Metroikn, Samarinda – Pelarian GS berakhir di Balikpapan setelah diduga terlibat duel maut yang menewaskan seorang pria berusia 29 tahun di Samarinda Seberang. Perselisihan yang dipicu utang Rp600 ribu itu terjadi pada Rabu (26/2/2026) sekitar pukul 22.30 Wita di Jalan Pangeran Bendahara, Gang Karya Muharam, RT 5, Kelurahan Tenun.
Usai kejadian, pelaku sempat melarikan diri. Berdasarkan penelusuran tim gabungan, GS diketahui bersembunyi di kawasan Harapan Baru, lalu menuju Terminal APT Pranoto dan menumpang bus ke Balikpapan. Berkat koordinasi dengan Subdit Jatanras Polda Kalimantan Timur, ia akhirnya ditangkap di rumah kerabatnya di Jalan Yos Sudarso, Kelurahan Prapatan, Kecamatan Balikpapan Selatan, Kamis (27/2/2026) sekitar pukul 14.00 Wita.
Kapolresta Samarinda, Hendri Umar, menyampaikan insiden tersebut bermula dari perselisihan utang-piutang yang belum dilunasi sepenuhnya.

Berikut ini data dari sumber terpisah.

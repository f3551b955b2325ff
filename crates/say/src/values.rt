//! What stands at the places of which a sentence tells.

ghost use Rattle.std.specs.Prelude.{◌≡◌};
ghost use Rattle.cpu.specs.Effects.{value_at};
ghost use Rattle.say.specs.Told.{is_z, read_at, values_after, values_before};

use crate::places::Places;
use cpu::Machine;
use rope::Rope;
use space::{Eras, Linear};
use words::Wide;

/// How many addresses there are.
const ADDRESSES: u16 = 0o10000;

/// What stands in A, L and Q, at two places, and on a channel.
#[derive(Clone, Copy)]
pub(crate) struct Values {
    pub(crate) a: Wide,
    pub(crate) l: Wide,
    pub(crate) q: Wide,
    pub(crate) first: Wide,
    pub(crate) second: Wide,
    pub(crate) channel: Wide,
}

/// What a step finds there.
pub(crate) fn values_before(rope: &Rope, machine: &Machine, places: &Places) -> Values
    ensures { result ≡ values_before rope.now machine.now places.now }
{
    Values {
        first: read_at(rope, machine, &places.first),
        second: read_at(rope, machine, &places.second),
        ..values_after(rope, machine, places)
    }
}

/// What stands there after a step.
pub(crate) fn values_after(rope: &Rope, machine: &Machine, places: &Places) -> Values
    ensures { result ≡ values_after rope.now machine.now places.now }
{
    Values {
        a: machine.reg(Eras::A),
        l: machine.reg(Eras::L),
        q: machine.reg(Eras::Q),
        first: value_at(rope, machine, &places.first),
        second: value_at(rope, machine, &places.second),
        channel: machine.channel(places.channel),
    }
}

/// What a step reads at a place: Z has moved on when it is read, unless a word waited.
fn read_at(rope: &Rope, machine: &Machine, place: &Linear) -> Wide
    ensures { result ≡ read_at rope.now machine.now place.now }
{
    if is_z(place) && machine.waiting_word().is_none() {
        let z = machine.reg(Eras::Z).to_u16() % ADDRESSES;
        Wide::of_u16((z + 1) % ADDRESSES)
    } else {
        value_at(rope, machine, place)
    }
}

/// What stands at a place.
#[tactic(auto, unfolding(cpu::specs::Effects::value_at))]
fn value_at(rope: &Rope, machine: &Machine, place: &Linear) -> Wide
    ensures { result ≡ value_at rope.now machine.now place.now }
{
    match place {
        Linear::Erasable(place) => machine.reg(*place),
        Linear::Fixed(bank, offset) => rope.word(*bank, *offset).extend(),
    }
}

/// Whether a place is Z.
fn is_z(place: &Linear) -> bool
    ensures { result ≡ is_z place.now }
{
    match place {
        Linear::Erasable(place) => *place == Eras::Z,
        Linear::Fixed(_, _) => false,
    }
}
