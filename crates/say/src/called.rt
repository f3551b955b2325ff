//! What a sentence calls what it tells of.

ghost use Rattle.std.specs.Prelude.{◌≡◌, ◌≤◌, ◌++◌, Some, length, unwrap_or};
ghost use Rattle.std.specs.Option.{option_map};
ghost use Rattle.words.specs.Numbers.{correct};
ghost use Rattle.words.specs.Numerals.{octal_text};
ghost use Rattle.cpu.specs.Codes.{code_of};
ghost use Rattle.cpu.specs.Effects.{place_in, value_at};
ghost use Rattle.cpu.specs.Operands.{address_of};
ghost use Rattle.trace.specs.TraceLines.{added_text, near_name, operand_gap};
ghost use Rattle.say.specs.Told.{called, indexed, indexed_by, input_other, interrupt_called, leads, named_address};
ghost use Rattle.say.specs.Told.{operand_by, other_pulse};

use crate::places::carried_by;
use arrayvec::ArrayVec;
use cpu::{Fetched, Input, Machine, NextStep, named_address};
use feed::interrupt::Interrupt;
use feed::{Counter, Sequence};
use rope::Rope;
use space::resolve::resolve;
use space::{Addr12, Linear};
use std::marker::Model;
use trace::{
    Names, OPERAND_GAP, Text, added_text, input_text, interrupt_name, near_name, place_name,
};
use words::{Wide, Word, push_all, push_octal};

/// The sign of a word of 16 bits.
const SIGN: u16 = 0o100000;

/// What a sentence calls what it tells of.
#[derive(Drop)]
pub(crate) struct Called {
    // an operand, or an input
    pub(crate) operand: Text,
    // the pulse of another counter that an overflow gives
    pub(crate) other: Text,
    // an interrupt
    pub(crate) interrupt: Text,
}

impl Model for Called {
    ghost use Rattle.say.specs.Told as told;

    ghost Value = { told.Called };

    ghost view = { λ c. record { operand = c.operand.items; other = c.other.items; interrupt = c.interrupt.items } };
}

/// What the sentence of the next step calls what it tells of.
pub(crate) fn called_in<N: Names>(
    names: &N,
    rope: &Rope,
    machine: &Machine,
    step: &NextStep,
) -> Called
    ensures { result ≡ called (N.table names.now) rope.now machine.now step.now }
{
    match step {
        NextStep::Takes(input) => Called {
            operand: input_text(input),
            other: input_other(*input),
            interrupt: interrupt_called(machine.interrupt_asked(*input)),
        },
        NextStep::Enters(interrupt) => Called {
            operand: ArrayVec::new(),
            other: ArrayVec::new(),
            interrupt: interrupt_called(Some(*interrupt)),
        },
        NextStep::Executes(fetched) => Called {
            operand: operand(names, rope, machine, fetched),
            other: ArrayVec::new(),
            interrupt: ArrayVec::new(),
        },
    }
}

/// The pulse of another counter that an input's overflow gives.
fn input_other(input: Input) -> Text
    ensures { result.items ≡ input_other input }
{
    match input {
        Input::Count(counter, _) => other_pulse(carried_by(counter.asks())),
        Input::Word(_, _) | Input::Interrupt(_) => ArrayVec::new(),
    }
}

/// The pulse of a counter into which an overflow is carried.
fn other_pulse(other: Option<Counter>) -> Text
    ensures { result.items ≡ other_pulse other }
{
    match other {
        Some(other) => input_text(&Input::Count(other, Sequence::Pinc)),
        None => ArrayVec::new(),
    }
}

/// An interrupt, if any.
fn interrupt_called(interrupt: Option<Interrupt>) -> Text
    ensures { result.items ≡ interrupt_called interrupt }
{
    let mut text = ArrayVec::new();
    if let Some(interrupt) = interrupt {
        push_all(&mut text, interrupt_name(interrupt));
    }
    text
}

/// What an instruction's operand is called.
fn operand<N: Names>(names: &N, rope: &Rope, machine: &Machine, fetched: &Fetched) -> Text
    ensures { result.items ≡ operand_by (N.table names.now) rope.now machine.now fetched.now
        (address_of (code_of fetched.now.extra fetched.now.word)) }
{
    match named_address(fetched.word, fetched.extra) {
        Some(address) => address_called(names, rope, machine, fetched, address),
        None => ArrayVec::new(),
    }
}

/// Where an address leads: by its name, else by that of the word before INDEX, else by the symbol before it, else the
/// address.
#[tactic(auto, unfolding(cpu::specs::Effects::place_in))]
fn address_called<N: Names>(
    names: &N,
    rope: &Rope,
    machine: &Machine,
    fetched: &Fetched,
    address: Addr12,
) -> Text
    ensures { result.items ≡ named_address (N.table names.now) rope.now machine.now fetched.now address }
{
    if let Some(name) = place_name(names, resolve(address, machine.store().banks())) {
        let mut text = ArrayVec::new();
        push_all(&mut text, name);
        return text;
    }
    match indexed(names, rope, machine, fetched, address) {
        Some(text) => text,
        None => near_address(names, machine, address),
    }
}

/// An address by the symbol before its place, or as it is.
#[tactic(auto, unfolding(cpu::specs::Effects::place_in))]
fn near_address<N: Names>(names: &N, machine: &Machine, address: Addr12) -> Text
    ensures { result.items ≡ unwrap_or (near_name operand_gap (N.table names.now) (place_in machine.now address))
        (octal_text 4 address) }
{
    match near_name(
        OPERAND_GAP,
        names,
        &resolve(address, machine.store().banks()),
    ) {
        Some(text) => text,
        None => octal_address(address),
    }
}

/// An address.
fn octal_address(address: Addr12) -> Text
    ensures { result.items ≡ octal_text 4 address }
{
    let mut text = ArrayVec::new();
    push_octal(&mut text, 4, address.number());
    text
}

/// An address by the symbol at that of the word before INDEX, and the sum that this left.
fn indexed<N: Names>(
    names: &N,
    rope: &Rope,
    machine: &Machine,
    fetched: &Fetched,
    to: Addr12,
) -> Option<Text>
    ensures { option_map (λ text. text.items) result
        ≡ indexed (N.table names.now) rope.now machine.now fetched.now fetched.now.added to }
{
    match fetched.added {
        Some(sum) => {
            let word = word_at(rope, machine, &fetched.place);
            let address = named_address(word, fetched.extra);
            indexed_by(names, machine, sum, to, address)
        }
        None => None,
    }
}

/// The same where the address of the word before INDEX is known, if it has one.
#[tactic(auto, unfolding(cpu::specs::Effects::place_in))]
fn indexed_by<N: Names>(
    names: &N,
    machine: &Machine,
    sum: Wide,
    to: Addr12,
    address: Option<Addr12>,
) -> Option<Text>
    ensures { option_map (λ text. text.items) result ≡ indexed_by (N.table names.now) machine.now sum to address }
{
    match address {
        Some(address) => {
            if !leads(address, sum, to) {
                return None;
            }
            match names.symbol_at(&resolve(address, machine.store().banks())) {
                Some(name) => Some(with_sum(name, sum)),
                None => None,
            }
        }
        None => None,
    }
}

/// A name, and the sum that INDEX left.
fn with_sum(name: &[u8], sum: Wide) -> Text
    requires { length name.now ≤ 8 }
    ensures { result.items ≡ name.now ++ added_text (Some sum) }
{
    let mut text = ArrayVec::new();
    push_all(&mut text, name);
    push_all(&mut text, added_text(Some(sum)).as_slice());
    text
}

/// Whether an address and the sum that INDEX left make another address.
fn leads(address: Addr12, sum: Wide, to: Addr12) -> bool
    ensures { result ≡ leads address sum to }
{
    let bits = sum.to_u16();
    if bits < SIGN {
        u32::from(address.number()) + u32::from(bits) == u32::from(to.number())
    } else {
        u32::from(address.number()) == u32::from(to.number()) + u32::from(u16::MAX - bits)
    }
}

/// The word at a place.
#[tactic(auto, unfolding(cpu::specs::Effects::value_at))]
fn word_at(rope: &Rope, machine: &Machine, place: &Linear) -> Word
    ensures { result ≡ correct (value_at rope.now machine.now place.now) }
{
    match place {
        Linear::Erasable(place) => machine.word(*place),
        Linear::Fixed(bank, offset) => rope.word(*bank, *offset),
    }
}
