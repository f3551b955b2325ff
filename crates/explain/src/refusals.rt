//! What the numbers of refusals mean: the rows of the manual's section on them.

ghost use Rattle.std.specs.Prelude.{◌≡◌, false, MatchOption};
ghost use Rattle.explain.specs.Refusals.{meaning, is_told};

/// The numbers, rising.
pub const NUMBERS: [u8; 36] = [
    2, 3, 4, 5, 6, 7, 10, 11, 12, 13, 14, 15, 16, 17, 18, 19, 20, 21, 22, 23, 24, 25, 26, 30, 31,
    32, 33, 34, 35, 36, 40, 41, 42, 50, 51, 52,
];

/// A number of a refusal: and what draws it.
#[derive(Clone, Copy, Drop)]
pub struct Refusal {
    /// The number.
    pub number: u8,
    /// Each mistake that draws it, with a source or a feed where one is short, and its cure.
    pub causes: &'static [u8],
}
/// The refusal of a number, where there is one.
pub fn refusal_of(number: u8) -> Option<Refusal>
    ensures { MatchOption result (is_told number ≡ false) (λ r. r.number ≡ number) }
{
    let causes: &'static [u8] = match number {
        2 => CAUSES_2,
        3 => CAUSES_3,
        4 => CAUSES_4,
        5 => CAUSES_5,
        6 => CAUSES_6,
        7 => CAUSES_7,
        10 => CAUSES_10,
        11 => CAUSES_11,
        12 => CAUSES_12,
        13 => CAUSES_13,
        14 => CAUSES_14,
        15 => CAUSES_15,
        16 => CAUSES_16,
        17 => CAUSES_17,
        18 => CAUSES_18,
        19 => CAUSES_19,
        20 => CAUSES_20,
        21 => CAUSES_21,
        22 => CAUSES_22,
        23 => CAUSES_23,
        24 => CAUSES_24,
        25 => CAUSES_25,
        26 => CAUSES_26,
        30 => CAUSES_30,
        31 => CAUSES_31,
        32 => CAUSES_32,
        33 => CAUSES_33,
        34 => CAUSES_34,
        35 => CAUSES_35,
        36 => CAUSES_36,
        40 => CAUSES_40,
        41 => CAUSES_41,
        42 => CAUSES_42,
        50 => CAUSES_50,
        51 => CAUSES_51,
        52 => CAUSES_52,
        _ => return None,
    };
    Some(Refusal { number, causes })
}

/// What a number means, in a line.
pub fn meaning(number: u8) -> &'static [u8]
    ensures { result.now ≡ meaning number }
{
    match number {
        2 => b"memory was refused",
        3 => b"the image ends before its 73,728 bytes",
        4 => b"bytes stand after the 73,728 of the image",
        5 =>
            b"the lowest bit of two bytes of the image is wrong: in version 1 it is 1, in version 2 they have an even \
                number of one bits",
        6 => b"a file could not be opened or read",
        7 => b"a file could not be made, or a write failed",
        10 => b"a byte stands here that a line may not hold",
        11 => b"the line has more than 120 bytes",
        12 => b"the source has more than 65536 lines",
        13 => b"the label has no label's form, or is missing, or is not taken",
        14 => b"an earlier line has this label",
        15 => b"this is no operator",
        16 => b"the operand is missing, or not taken, or has no operand's form",
        17 => b"no line defines this symbol",
        18 => b"no earlier line defines this symbol",
        19 => b"there is no such bank for this operator",
        20 => b"this stands past the end of its bank, or of erasable memory",
        21 => b"a word stands at this place already",
        22 => b"words stand in fixed memory, and the location is in erasable memory",
        23 => b"this is an extracode, and EXTEND does not stand before it",
        24 => b"this is no extracode, and EXTEND stands before it",
        25 => b"the operator takes another kind of place, or a channel",
        26 => b"the number is out of its range, or leads out of its bank",
        30 => b"a line of the feed is no input and no series",
        31 => b"the cycle of an input is below that of the input before it",
        32 => b"the feed has more than 65,536 inputs besides its series",
        33 => b"the counter does not take the sequence",
        34 => b"a source, a feed or a table of names has more than 8,388,608 bytes",
        35 => b"the feed has more than 16 series",
        36 => b"a line of the table of names is no name with its place",
        40 => b"a session makes no more steps than 1,099,511,627,774",
        41 => b"the session has not made this step yet",
        42 => b"the cycle of the input has passed already",
        50 => b"the line is no command of the session",
        51 => b"the command has more than 80 bytes",
        52 => b"16 breakpoints stand, and there are no more",
        _ => b"",
    }
}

“Telah terjadi tindak pidana penganiayaan yang mengakibatkan meninggalnya seseorang di wilayah Samarinda Seberang. Kejadian terjadi di rumah korban,” ujar Hendri dalam konferensi pers, Rabu (4/3/2026).
Sebelum pertemuan itu, korban dan pelaku terlibat adu argumen melalui pesan WhatsApp terkait penagihan utang. Dari komunikasi tersebut, keduanya sepakat bertemu. Pelaku kemudian mendatangi rumah korban dengan mengajak dua rekannya, JH dan WW.
Setibanya di lokasi, pertengkaran kembali memanas. Dalam perkelahian itu, korban disebut sempat mengayunkan senjata tajam hingga melukai tangan pelaku. Dalam situasi tersebut, pelaku kemudian melakukan penikaman yang mengenai bagian dada korban.
Korban sempat dilarikan ke RSUD IA Moeis, namun nyawanya tidak tertolong.
Dua rekan pelaku lebih dahulu diamankan untuk dimintai keterangan sebagai saksi. Sementara itu, dari hasil pemeriksaan sementara, motif utama dipicu sisa utang Rp600 ribu yang baru dibayar Rp200 ribu.
Polisi menyita satu bilah badik, telepon genggam, dan pakaian yang digunakan pelaku sebagai barang bukti. GS dijerat Pasal 468 ayat (2) UU Nomor 1 Tahun 2023 tentang KUHP dengan ancaman pidana 10 tahun penjara, subsider Pasal 458 ayat (1) tentang pembunuhan dengan ancaman maksimal 15 tahun penjara.
“Perkara ini masih kami dalami, termasuk kemungkinan adanya keterlibatan pihak lain,” tegas Hendri.